Let width = 6 and height = 3.

The perimeter cycle is:

(0,0) S
(1,0) E
(2,0) E
(3,0) E
(4,0) E
(5,0) E
(5,1) N
(5,2) N
(4,2) W
(3,2) W
(2,2) W
(1,2) W
(0,2) W
(0,1) S

Initially:

  • index = 0
  • getPos() = [0, 0]
  • getDir() = "East" because moved = false

Now call step(2):

  • new index = 2
  • position becomes (2, 0)
  • direction becomes "East"

Now call step(12):

  • cycle length is 14
  • index = (2 + 12) % 14 = 0
  • position becomes (0, 0)
  • direction becomes "South" because the robot has completed a loop

That matches the problem's special origin behavior.

Why This Works

The robot's future behavior depends only on its current perimeter state.
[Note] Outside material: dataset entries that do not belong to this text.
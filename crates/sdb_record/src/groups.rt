//! Writes in groups, each of which goes to a store in one call.
ghost use Rattle.std.specs.Prelude.{◌≡◌, ◌∷◌, ◌++◌, [], IfOk, OnOk, map, None};
ghost use Rattle.std.specs.Option.{option_copied};
ghost use Rattle.std.specs.BTreeMap.{get};
ghost use Rattle.sdb_types.specs.Order.{key_cmp};
ghost use Rattle.sdb_record.specs.Groups.{HaveLatest, grouped as grouped_lem, is_past as is_past_lem, partition_of as partition_of_lem, placed, rise_from};

use crate::write::{Write, Writes};
use sdb_types::{Duplicate, Key, NoMemory, Seq, Values, find_rising};
use std::alloc::Global;
use std::collections::BTreeMap;

/// How many writes a group has at most.
const MOST: usize = 64;

/// Writes in groups: each has from 1 to 64 writes, of one partition of one table.
pub type Groups = Seq<Writes>;

// The key of a partition: it has no clustering values.
fn partition_of(alloc: Global, key: &Key) -> Result<Key, NoMemory>
    ensures { IfOk result (λ partition. partition ≡ partition_of_lem key.now) }
{
    Ok(Key {
        table: key.table.copy()?,
        partition: key.partition.copy()?,
        clustering: Values::new(alloc),
    })
}

// What a tree has at a key. Most partitions come in their order.
fn index_of(places: &BTreeMap<Key, usize>, key: &Key) -> Option<usize>
    ensures { result ≡ get key_cmp places.now key.now }
{
    match find_rising(places, key) {
        Some(i) => Some(*i),
        None => None,
    }
}

// A group of one write.
fn alone(alloc: Global, write: Write) -> Result<Writes, NoMemory>
    ensures { IfOk result (λ group. group ≡ write ∷ []) }
{
    let mut group = Writes::new(alloc);
    group.push(write)?;
    Ok(group)
}

// Begins a group with a write.
fn begin(
    groups: &mut Vec<Writes>,
    latest: &mut BTreeMap<Key, usize>,
    partition: Key,
    write: Write,
) -> Result<(), NoMemory>
    requires partition { partition ≡ partition_of_lem write.key }
    requires latest { HaveLatest (get key_cmp latest.old) groups.old.items }
    ensures groups { OnOk result (groups.new.items ≡ groups.old.items ++ (write ∷ []) ∷ []) }
    ensures latest { OnOk result (HaveLatest (get key_cmp latest.new) groups.new.items) }
{
    let group = alone(*groups.allocator(), write)?;
    latest.insert(partition, groups.len())?;
    groups.push(group)?;
    Ok(())
}

// Puts a write into the latest group of its partition, or into a new one.
fn place(
    groups: &mut Vec<Writes>,
    latest: &mut BTreeMap<Key, usize>,
    write: Write,
) -> Result<(), NoMemory>
    requires { HaveLatest (get key_cmp latest.old) groups.old.items }
    ensures groups { OnOk result (groups.new.items ≡ placed write groups.old.items) }
    ensures latest { OnOk result (HaveLatest (get key_cmp latest.new) groups.new.items) }
{
    let partition = partition_of(*groups.allocator(), &write.key)?;
    match index_of(latest, &partition) {
        Some(i) => {
            if groups[i].len() < MOST {
                return groups[i].push(write);
            }
        }
        None => {}
    }
    begin(groups, latest, partition, write)
}

// Whether a key is of a partition past the last one.
fn is_past(last: Option<&Key>, key: &Key) -> bool
    ensures { result ≡ is_past_lem (option_copied last.entry) key.now }
{
    match last {
        None => true,
        Some(last) => last
            .table
            .cmp(&key.table)
            .then(last.partition.cmp(&key.partition))
            .is_lt(),
    }
}

// Whether each write is of a partition past that of the write before it: then each is a group of its own.
fn rise(writes: &[Write]) -> bool
    ensures { result ≡ rise_from None writes.now }
{
    let mut last = None;
    for write in writes {
        if !is_past(last, &write.key) {
            return false;
        }
        last = Some(&write.key);
    }
    true
}

// A group of each write.
fn apart(alloc: Global, writes: &[Write]) -> Result<Groups, NoMemory>
    ensures { IfOk result (λ groups. groups ≡ map (λ w. w ∷ []) writes.now) }
{
    let mut groups = Seq::new(alloc);
    for write in writes {
        groups.push(alone(alloc, write.copy()?)?)?;
    }
    Ok(groups)
}

/// The writes in groups: one after the other, a write joins the latest group of its table and partition where that has fewer than 64 writes,
/// and otherwise begins a new group. It takes time in the order of n log n for n writes, whatever their partitions are.
pub fn grouped(writes: &Writes) -> Result<Groups, NoMemory>
    ensures { IfOk result (λ groups. groups ≡ grouped_lem writes.now) }
{
    if rise(writes.as_slice()) {
        return apart(writes.allocator(), writes.as_slice());
    }
    let mut groups = Vec::new(writes.allocator());
    let mut latest = BTreeMap::new(writes.allocator());
    for write in writes.as_slice() {
        place(&mut groups, &mut latest, write.copy()?)?;
    }
    Ok(Seq::from_vec(groups))
}
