//! What a transaction reads.
ghost use Rattle.std.specs.Prelude.{◌≡◌, IfOk};

use sdb_types::{Columns, Duplicate, Key, NoMemory, Seq, Span, TxId};

/// The keys that a statement reads: one key, or those of a span.
#[derive(Debug, PartialEq, Eq)]
pub enum Access {
    Get(Key),
    Scan(Span),
}

// By hand: each drop is then one call, where a derived one is written out at each exit, with a call for each field.
impl Drop for Access {
    fn drop(self) {
        match self {
            Access::Get(_) => {}
            Access::Scan(_) => {}
        }
    }
}

/// A row as it is read: its key, and its user columns.
#[derive(Debug, PartialEq, Eq)]
pub struct Image {
    pub key: Key,
    pub columns: Columns,
}

// By hand: each drop is then one call, where a derived one is written out at each exit, with a call for each field.
impl Drop for Image {
    fn drop(self) {
        let Image { key: _, columns: _ } = self;
    }
}

pub type Images = Seq<Image>;

/// A key that was read, with the version found: the transaction that wrote the committed record, or none where there
/// was no record.
#[derive(Debug, PartialEq, Eq)]
pub struct Read {
    pub key: Key,
    pub version: Option<TxId>,
}

// By hand: each drop is then one call, where a derived one is written out at each exit, with a call for each field.
impl Drop for Read {
    fn drop(self) {
        let Read { key: _, version: _ } = self;
    }
}

pub type Reads = Seq<Read>;

/// A span that was scanned, with the committed records found and their versions, tombstones included.
#[derive(Debug, PartialEq, Eq)]
pub struct Scan {
    pub span: Span,
    pub found: Reads,
}

// By hand: each drop is then one call, where a derived one is written out at each exit, with a call for each field.
impl Drop for Scan {
    fn drop(self) {
        let Scan { span: _, found: _ } = self;
    }
}

pub type Scans = Seq<Scan>;

impl Duplicate for Access {
    fn copy(&self) -> Result<Access, NoMemory> {
        match self {
            Access::Get(key) => Ok(Access::Get(key.copy()?)),
            Access::Scan(span) => Ok(Access::Scan(span.copy()?)),
        }
    }
}

impl Duplicate for Image {
    fn copy(&self) -> Result<Image, NoMemory> {
        Ok(Image {
            key: self.key.copy()?,
            columns: self.columns.copy()?,
        })
    }
}

impl Duplicate for Read {
    fn copy(&self) -> Result<Read, NoMemory> {
        Ok(Read {
            key: self.key.copy()?,
            version: self.version,
        })
    }
}

impl Duplicate for Scan {
    fn copy(&self) -> Result<Scan, NoMemory> {
        Ok(Scan {
            span: self.span.copy()?,
            found: self.found.copy()?,
        })
    }
}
Because the path repeats forever:

  • every move sequence is just movement on a cycle
  • every state has one fixed position
  • every state also has one fixed direction

So advancing by num steps is exactly the same as moving forward by num % cycleLength positions in that cycle.

The only exception is the untouched starting state, and that is handled by the moved flag.

Complexity Analysis

Time Complexity

  • preprocessing: O(width + height)
  • step(num): O(1)
  • getPos(): O(1)
  • getDir(): O(1)

Space Complexity

  • O(width + height)

We only store the perimeter states, not the whole grid.

Common Mistakes

1. Simulating every single step inside step(num)

That works, but it is unnecessary.

The whole point of this problem is to notice that the robot repeats the same perimeter cycle forever.

2. Forgetting the origin edge case

If you store (0, 0) with direction "East" for the cycle, then a full loop will return the wrong answer.

The cycle-state direction at origin must be "South".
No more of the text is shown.